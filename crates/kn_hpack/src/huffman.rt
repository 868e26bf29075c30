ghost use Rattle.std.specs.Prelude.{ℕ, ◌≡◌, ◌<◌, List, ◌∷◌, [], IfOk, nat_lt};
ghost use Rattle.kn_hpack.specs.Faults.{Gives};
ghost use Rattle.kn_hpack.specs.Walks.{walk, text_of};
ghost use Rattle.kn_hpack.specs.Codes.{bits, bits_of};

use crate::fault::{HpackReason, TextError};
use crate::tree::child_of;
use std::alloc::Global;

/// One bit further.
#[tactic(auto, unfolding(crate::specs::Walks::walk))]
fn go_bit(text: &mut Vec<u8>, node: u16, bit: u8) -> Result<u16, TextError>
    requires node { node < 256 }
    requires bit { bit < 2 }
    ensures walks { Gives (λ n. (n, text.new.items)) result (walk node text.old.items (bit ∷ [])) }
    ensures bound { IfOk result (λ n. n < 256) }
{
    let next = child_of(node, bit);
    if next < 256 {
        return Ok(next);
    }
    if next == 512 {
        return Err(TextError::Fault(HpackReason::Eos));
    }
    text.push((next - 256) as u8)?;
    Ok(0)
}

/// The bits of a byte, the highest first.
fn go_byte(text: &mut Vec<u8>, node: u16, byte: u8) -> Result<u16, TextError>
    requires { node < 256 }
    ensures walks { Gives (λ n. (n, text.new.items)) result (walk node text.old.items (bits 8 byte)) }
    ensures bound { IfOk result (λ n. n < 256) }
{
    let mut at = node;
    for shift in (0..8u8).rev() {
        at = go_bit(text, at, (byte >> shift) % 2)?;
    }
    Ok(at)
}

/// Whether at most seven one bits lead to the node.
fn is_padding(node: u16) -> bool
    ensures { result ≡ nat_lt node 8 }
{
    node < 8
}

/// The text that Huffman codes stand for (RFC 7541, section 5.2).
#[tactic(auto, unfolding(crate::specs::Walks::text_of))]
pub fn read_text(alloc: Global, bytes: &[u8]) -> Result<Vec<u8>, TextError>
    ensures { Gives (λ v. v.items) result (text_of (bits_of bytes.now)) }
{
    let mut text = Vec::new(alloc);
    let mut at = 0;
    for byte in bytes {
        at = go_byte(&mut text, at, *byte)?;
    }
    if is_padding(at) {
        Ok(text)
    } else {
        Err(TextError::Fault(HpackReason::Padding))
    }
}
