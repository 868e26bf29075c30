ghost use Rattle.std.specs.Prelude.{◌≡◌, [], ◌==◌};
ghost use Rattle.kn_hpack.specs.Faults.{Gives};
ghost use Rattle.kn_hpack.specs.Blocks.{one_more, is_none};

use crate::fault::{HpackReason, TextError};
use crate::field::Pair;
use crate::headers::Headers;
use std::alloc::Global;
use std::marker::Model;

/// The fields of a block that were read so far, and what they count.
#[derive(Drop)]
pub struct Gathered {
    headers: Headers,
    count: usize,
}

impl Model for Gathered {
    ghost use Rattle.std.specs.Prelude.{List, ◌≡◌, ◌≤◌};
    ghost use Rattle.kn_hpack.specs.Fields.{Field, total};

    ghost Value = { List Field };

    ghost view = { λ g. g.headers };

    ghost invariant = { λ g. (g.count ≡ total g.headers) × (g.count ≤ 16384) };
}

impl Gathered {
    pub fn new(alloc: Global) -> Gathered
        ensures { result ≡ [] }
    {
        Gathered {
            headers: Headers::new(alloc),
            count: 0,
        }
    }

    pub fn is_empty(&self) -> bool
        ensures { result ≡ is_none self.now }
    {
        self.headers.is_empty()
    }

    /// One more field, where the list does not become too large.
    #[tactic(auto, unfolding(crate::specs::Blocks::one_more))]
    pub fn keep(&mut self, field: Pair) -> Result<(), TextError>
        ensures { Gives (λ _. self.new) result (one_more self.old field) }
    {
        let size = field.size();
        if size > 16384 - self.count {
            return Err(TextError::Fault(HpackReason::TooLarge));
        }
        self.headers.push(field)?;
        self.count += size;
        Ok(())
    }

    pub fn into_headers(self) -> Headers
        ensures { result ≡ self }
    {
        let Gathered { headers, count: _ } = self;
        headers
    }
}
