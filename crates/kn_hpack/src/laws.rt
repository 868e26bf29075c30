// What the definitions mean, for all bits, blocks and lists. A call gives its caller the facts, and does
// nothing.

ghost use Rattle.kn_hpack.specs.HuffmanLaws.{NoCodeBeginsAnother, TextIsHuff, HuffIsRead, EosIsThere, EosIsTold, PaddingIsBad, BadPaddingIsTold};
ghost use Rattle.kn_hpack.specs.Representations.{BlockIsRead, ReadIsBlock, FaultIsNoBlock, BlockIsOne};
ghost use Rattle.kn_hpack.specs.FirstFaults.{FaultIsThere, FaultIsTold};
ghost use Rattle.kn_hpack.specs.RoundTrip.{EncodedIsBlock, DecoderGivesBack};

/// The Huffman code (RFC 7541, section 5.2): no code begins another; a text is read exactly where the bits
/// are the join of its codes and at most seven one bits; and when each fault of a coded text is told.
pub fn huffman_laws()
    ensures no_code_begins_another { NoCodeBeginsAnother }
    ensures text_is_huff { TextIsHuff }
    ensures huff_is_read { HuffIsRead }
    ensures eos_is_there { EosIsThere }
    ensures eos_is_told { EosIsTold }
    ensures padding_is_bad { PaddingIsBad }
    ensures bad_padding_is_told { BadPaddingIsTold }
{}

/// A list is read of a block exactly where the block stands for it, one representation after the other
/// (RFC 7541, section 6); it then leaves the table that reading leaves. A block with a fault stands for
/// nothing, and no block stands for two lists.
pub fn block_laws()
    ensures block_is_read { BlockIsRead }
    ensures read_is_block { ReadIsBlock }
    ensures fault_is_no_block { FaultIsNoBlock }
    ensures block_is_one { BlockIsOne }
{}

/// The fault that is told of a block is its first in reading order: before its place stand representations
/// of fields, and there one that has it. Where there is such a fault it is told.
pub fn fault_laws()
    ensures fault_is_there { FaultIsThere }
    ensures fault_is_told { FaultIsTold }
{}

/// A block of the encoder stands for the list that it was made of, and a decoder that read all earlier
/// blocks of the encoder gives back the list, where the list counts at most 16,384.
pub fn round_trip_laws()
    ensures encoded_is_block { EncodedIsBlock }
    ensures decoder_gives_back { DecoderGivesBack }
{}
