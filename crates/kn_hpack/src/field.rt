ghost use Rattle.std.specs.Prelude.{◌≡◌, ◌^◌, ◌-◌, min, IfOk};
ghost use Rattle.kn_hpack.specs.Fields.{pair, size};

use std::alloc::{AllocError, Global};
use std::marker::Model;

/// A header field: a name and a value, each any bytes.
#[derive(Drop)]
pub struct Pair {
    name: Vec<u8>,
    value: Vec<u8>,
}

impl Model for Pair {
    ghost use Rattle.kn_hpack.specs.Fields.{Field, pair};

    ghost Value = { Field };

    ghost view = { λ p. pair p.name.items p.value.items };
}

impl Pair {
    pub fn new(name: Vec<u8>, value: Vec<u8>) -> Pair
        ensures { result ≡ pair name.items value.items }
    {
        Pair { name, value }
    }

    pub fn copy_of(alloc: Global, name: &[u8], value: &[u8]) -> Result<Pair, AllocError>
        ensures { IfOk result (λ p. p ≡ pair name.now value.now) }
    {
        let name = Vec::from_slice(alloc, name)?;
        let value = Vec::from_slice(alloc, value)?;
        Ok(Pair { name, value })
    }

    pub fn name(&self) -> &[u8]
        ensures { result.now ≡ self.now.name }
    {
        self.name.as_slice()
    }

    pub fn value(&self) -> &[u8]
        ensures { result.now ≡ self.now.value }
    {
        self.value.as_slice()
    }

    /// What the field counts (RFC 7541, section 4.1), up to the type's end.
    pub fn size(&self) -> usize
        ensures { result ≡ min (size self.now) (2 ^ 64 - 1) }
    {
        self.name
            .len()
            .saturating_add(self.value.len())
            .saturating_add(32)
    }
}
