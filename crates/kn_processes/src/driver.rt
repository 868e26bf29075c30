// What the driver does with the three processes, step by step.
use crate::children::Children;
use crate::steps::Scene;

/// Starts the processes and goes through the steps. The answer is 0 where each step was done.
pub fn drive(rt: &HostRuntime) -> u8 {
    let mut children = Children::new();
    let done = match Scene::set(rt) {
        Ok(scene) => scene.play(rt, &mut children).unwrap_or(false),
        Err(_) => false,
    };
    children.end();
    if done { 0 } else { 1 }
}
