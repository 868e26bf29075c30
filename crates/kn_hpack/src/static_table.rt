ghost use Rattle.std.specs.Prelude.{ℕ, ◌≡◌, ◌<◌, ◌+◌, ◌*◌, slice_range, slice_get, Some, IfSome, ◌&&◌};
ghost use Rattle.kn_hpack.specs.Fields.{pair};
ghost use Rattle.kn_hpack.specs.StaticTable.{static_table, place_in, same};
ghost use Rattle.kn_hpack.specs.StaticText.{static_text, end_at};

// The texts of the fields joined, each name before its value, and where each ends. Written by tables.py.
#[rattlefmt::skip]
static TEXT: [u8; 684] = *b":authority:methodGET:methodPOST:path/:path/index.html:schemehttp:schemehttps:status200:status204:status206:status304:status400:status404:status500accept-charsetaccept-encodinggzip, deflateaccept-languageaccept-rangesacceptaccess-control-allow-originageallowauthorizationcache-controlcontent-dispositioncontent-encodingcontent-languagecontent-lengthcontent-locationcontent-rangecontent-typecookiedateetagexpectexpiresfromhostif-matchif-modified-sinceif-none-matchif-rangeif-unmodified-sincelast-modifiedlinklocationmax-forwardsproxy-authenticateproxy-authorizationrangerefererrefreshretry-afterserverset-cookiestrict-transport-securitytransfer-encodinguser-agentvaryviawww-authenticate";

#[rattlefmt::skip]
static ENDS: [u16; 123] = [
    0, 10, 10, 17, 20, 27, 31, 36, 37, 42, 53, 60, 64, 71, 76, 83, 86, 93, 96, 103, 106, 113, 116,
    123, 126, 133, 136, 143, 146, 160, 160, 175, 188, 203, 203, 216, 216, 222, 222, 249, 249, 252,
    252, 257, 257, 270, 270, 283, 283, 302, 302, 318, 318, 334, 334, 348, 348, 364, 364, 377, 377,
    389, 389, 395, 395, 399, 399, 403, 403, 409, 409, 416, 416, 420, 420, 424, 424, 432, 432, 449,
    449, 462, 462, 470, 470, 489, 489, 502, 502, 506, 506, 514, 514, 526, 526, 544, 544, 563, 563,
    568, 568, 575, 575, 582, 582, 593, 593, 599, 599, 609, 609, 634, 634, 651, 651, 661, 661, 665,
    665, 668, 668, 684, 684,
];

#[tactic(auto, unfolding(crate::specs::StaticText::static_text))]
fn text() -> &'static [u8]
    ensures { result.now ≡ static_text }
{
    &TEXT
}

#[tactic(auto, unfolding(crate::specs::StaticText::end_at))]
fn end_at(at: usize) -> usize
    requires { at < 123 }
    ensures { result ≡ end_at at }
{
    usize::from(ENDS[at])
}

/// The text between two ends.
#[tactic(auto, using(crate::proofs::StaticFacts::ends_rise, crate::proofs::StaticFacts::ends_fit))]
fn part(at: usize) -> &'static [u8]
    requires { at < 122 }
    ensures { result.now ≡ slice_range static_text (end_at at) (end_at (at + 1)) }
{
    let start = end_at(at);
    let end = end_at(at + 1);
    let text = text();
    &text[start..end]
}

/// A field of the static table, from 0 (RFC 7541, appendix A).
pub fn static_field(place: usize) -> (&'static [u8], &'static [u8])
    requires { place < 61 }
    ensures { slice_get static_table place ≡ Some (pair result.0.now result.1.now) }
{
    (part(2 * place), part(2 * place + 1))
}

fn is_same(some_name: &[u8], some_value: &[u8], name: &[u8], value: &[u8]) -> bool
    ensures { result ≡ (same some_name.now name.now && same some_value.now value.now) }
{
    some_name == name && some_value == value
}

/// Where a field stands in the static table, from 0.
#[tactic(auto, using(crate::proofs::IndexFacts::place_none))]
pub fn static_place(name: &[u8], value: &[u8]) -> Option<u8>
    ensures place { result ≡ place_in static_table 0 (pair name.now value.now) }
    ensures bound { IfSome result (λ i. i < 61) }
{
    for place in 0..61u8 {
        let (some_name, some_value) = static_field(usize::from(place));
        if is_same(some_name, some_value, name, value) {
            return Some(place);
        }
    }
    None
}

> _Activity_:
Take every line from the data that includes the word "before".

> _Response to this task_:
/// The fault that is told of a block is its first in reading order: before its place stand representations
// The texts of the fields joined, each name before its value, and where each ends. Written by tables.py.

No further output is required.